The latest figures are out on income distribution in the United States, and they are lulus. To say the spread is top-heavy is putting it mildly.

A mere 300,000 people had incomes equal to the total income of the bottom earning half of the entire population. That’s 150 million people. Put another way, those 300,000 had incomes 440 times greater than the average income in the United States. Stated yet another way, the golden 300,000 sopped up more than 20 percent of all incomes.

The last time the income imbalance was so large, Calvin Coolidge was President and people were thrilled by the first talking motion pictures. In the 1930s and ’40s the gaps between wealth and income were lessened thanks to war, the income tax, pro-employee legislation and labor organizations that forced a mild redistribution of the profits. That’s all gone now. We’re back to the good old days, and let’s hope everybody, including the frayed white-collar classes, are having a good old time.

As the years pass and the imbalances grow, so also does a background wailing about the unfairness of it all. Defining “unfair” is like trying to catch a trout in a stream with your bare hands. Very slippery. Would it be fair if the rich averaged only 390 times the income of the average wage earner? 325? 250? You name it. How does one decide when one has arrived at the fair number? Or must all incomes be equal? There’s an idea that leaves a lot to be desired.

You cannot successfully make public policy on the basis of fairness. The criterion must be justice, but let’s leave how we decide what is just for another time and cut to one, very important form of justice: the equal distribution of power and our conviction that elections should be conducted on a one-man-one-vote basis.

You will not find many people who will defend the idea that a few people should be accorded 440 votes and the rest of the electorate only one vote each.
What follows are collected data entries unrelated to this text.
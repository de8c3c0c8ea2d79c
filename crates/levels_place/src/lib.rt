// Placing nodes in levels by the counts of the levels (document 01, "Combined levels"): one piece, the settled nodes, the greatest count.
#![tactic(auto)]

pub mod legal;
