// What is summed up over the parts that have their numbers.
#[derive(Clone, Copy)]
pub struct Tally {
    pub parts: u16,
    pub nodes: u16,
    // the levels of all these parts
    pub levels: u32,
    // the greatest number of unknowns in a level
    pub width: u16,
}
That is an idea to be found in the original, unamended version of the Constitution in which some people (the black ones) were considered to be worth only 60 percent of a white man’s vote.

Naturally the slaves did not get to cast their depreciated 60 percent vote. Their masters did. Under the modern system we are allowed to cast our own vote, which is worth about 1/440th of a rich person’s vote, since money is political power in America.
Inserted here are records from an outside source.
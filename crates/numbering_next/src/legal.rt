// One part of a whole legal graph, in either order: it gets the next free numbers. Which order it is, one function looks at: `number_one`.
ghost use Rattle.std.specs.Prelude.{◌≡◌, false, ◌+◌, ◌*◌, ◌≤◌, ◌<◌, length, set};
ghost use Rattle.spec.specs.Graph.{graph_refusal};
ghost use Rattle.spec.specs.Levels.{parts};
ghost use Rattle.spec.specs.Unknowns.{bad_counts};
ghost use Rattle.laws.specs.Handed.{graph_now, graph_was, size_now, size_was};
ghost use Rattle.levels_laws.specs.Areas.{words_of, tally_of};
ghost use Rattle.levels.specs.Part.{PartGiven};
ghost use Rattle.numbering_part.specs.Part.{lowest_in, new_numbers, new_levels, part_figures_of};
ghost use Rattle.numbering_next.specs.Orders.{result_of};
ghost use Rattle.numbering_next.specs.Ran.{added, Ran};

use crate::order::Order;
use crate::shape::Tally;
use graph_words::areas::MEMBERS;
use numbering_cuthill::legal::cuthill_part;
use numbering_part::legal::{number_lone, number_part};
use numbering_part::shape::PartFigures;

// What is summed up with one part more, of m nodes, whose passes stand in the word after those of the parts before.
fn add_part(t: Tally, m: u16, f: PartFigures, passes: &mut [u16]) -> Tally
    requires parts_in_bounds { (t.parts < length passes.old) × (length passes.old ≤ 4096) × (t.nodes + m ≤ 4096) }
    requires k_bound { t.levels + f.k ≤ 4096 * 4096 }
    ensures value { result ≡ added t m f }
    ensures passes_value { passes.new ≡ set passes.old t.parts f.passes }
{
    passes[usize::from(t.parts)] = f.passes;
    Tally {
        parts: t.parts + 1,
        nodes: t.nodes + m,
        levels: t.levels + u32::from(f.k),
        width: t.width.max(f.width),
    }
}

// One part in this order: its members stand from..to, and get the numbers after `from`. The scratch is as before.
fn number_one(
    order: Order,
    starts: &[u16],
    neighbours: &[u16],
    counts: &[u16],
    scratch: &mut [u16],
    numbers: &mut [u16],
    levels: &mut [u16],
    from: usize,
    to: usize,
) -> PartFigures
    requires neighbours_value { graph_refusal starts.now neighbours.now ≡ 0 }
    requires counts_value { bad_counts (size_now starts) counts.now ≡ false }
    requires part_given { PartGiven (graph_now starts neighbours) from to (words_of (size_now starts) scratch.old) (tally_of (size_now starts) scratch.old) }
    requires numbers_len { (length numbers.old ≡ size_now starts) × (length levels.old ≡ size_now starts) }
    ensures value { result ≡ part_figures_of (result_of order (graph_was starts neighbours) counts.now (lowest_in (size_was starts) from scratch.old)).report }
    ensures scratch_value { scratch.new ≡ scratch.old }
    ensures numbers_value { numbers.new ≡ new_numbers (graph_was starts neighbours) (lowest_in (size_was starts) from scratch.old)
        (result_of order (graph_was starts neighbours) counts.now (lowest_in (size_was starts) from scratch.old)) from numbers.old }
    ensures levels_value { levels.new ≡ new_levels (graph_was starts neighbours) (lowest_in (size_was starts) from scratch.old)
        (result_of order (graph_was starts neighbours) counts.now (lowest_in (size_was starts) from scratch.old)) levels.old }
{
    match order {
        Order::GibbsPooleStockmeyer => number_part(
            starts, neighbours, counts, scratch, numbers, levels, from, to,
        ),
        Order::ReverseCuthillMcKee => cuthill_part(
            starts, neighbours, counts, scratch, numbers, levels, from, to,
        ),
    }
}

// "take the next free numbers": one part more, whose size stands where its lowest node gets its number. The scratch is as before.
pub fn next_part(
    order: Order,
    starts: &[u16],
    neighbours: &[u16],
    counts: &[u16],
    numbers: &mut [u16],
    levels: &mut [u16],
    passes: &mut [u16],
    scratch: &mut [u16],
    t: Tally,
) -> Tally
    requires parts_in_bounds { t.parts < length (parts (graph_now starts neighbours)) }
    requires ran { Ran order starts.now neighbours.now counts.now t.parts t.nodes t.levels t.width numbers.old levels.old passes.old scratch.old }
    ensures parts_value { result.parts ≡ t.parts + 1 }
    ensures ran_2 { Ran order starts.now neighbours.now counts.now result.parts result.nodes result.levels result.width numbers.new levels.new passes.new scratch.old }
    ensures scratch_value { scratch.new ≡ scratch.old }
{
    let n = starts.len() - 1;
    let from = usize::from(t.nodes);
    let lowest = usize::from(scratch[MEMBERS * n + from]);
    let m = numbers[lowest - 1];
    // A part of one node: one level, which has all its unknowns, and one pass.
    if m == 1 {
        let width = counts[lowest - 1];
        number_lone(numbers, levels, lowest, from);
        let f = PartFigures {
            k: 1,
            width,
            passes: 1,
        };
        return add_part(t, 1, f, passes);
    }
    let f = number_one(
        order,
        starts,
        neighbours,
        counts,
        scratch,
        numbers,
        levels,
        from,
        from + usize::from(m),
    );
    add_part(t, m, f, passes)
}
If you doubt that, consider the competition we have been watching as to which candidate can collect the most campaign money. The candidates who cannot get the big money lose. The selection of the two major parties’ nominees is primarily in the hands of the Golden 300,000. They more or less decide who gets on the ballot: Remember the old political apothegm to the effect he (or she) who controls ballot access controls all.

Under our present political arrangement the two major-party nominees represent little more than disagreeing factions within the Golden 300,000, and we get to help choose which one is elevated to the ultimate power in the White House. Some choice, but that is what we are left with and will continue to be stuck with unless the income gap is chopped down, way down, so that the top people are hauling in only 150 times the average income of the rest of us.

Some people would call such a change Bolshevism. Others might say it is a step in the direction of democracy.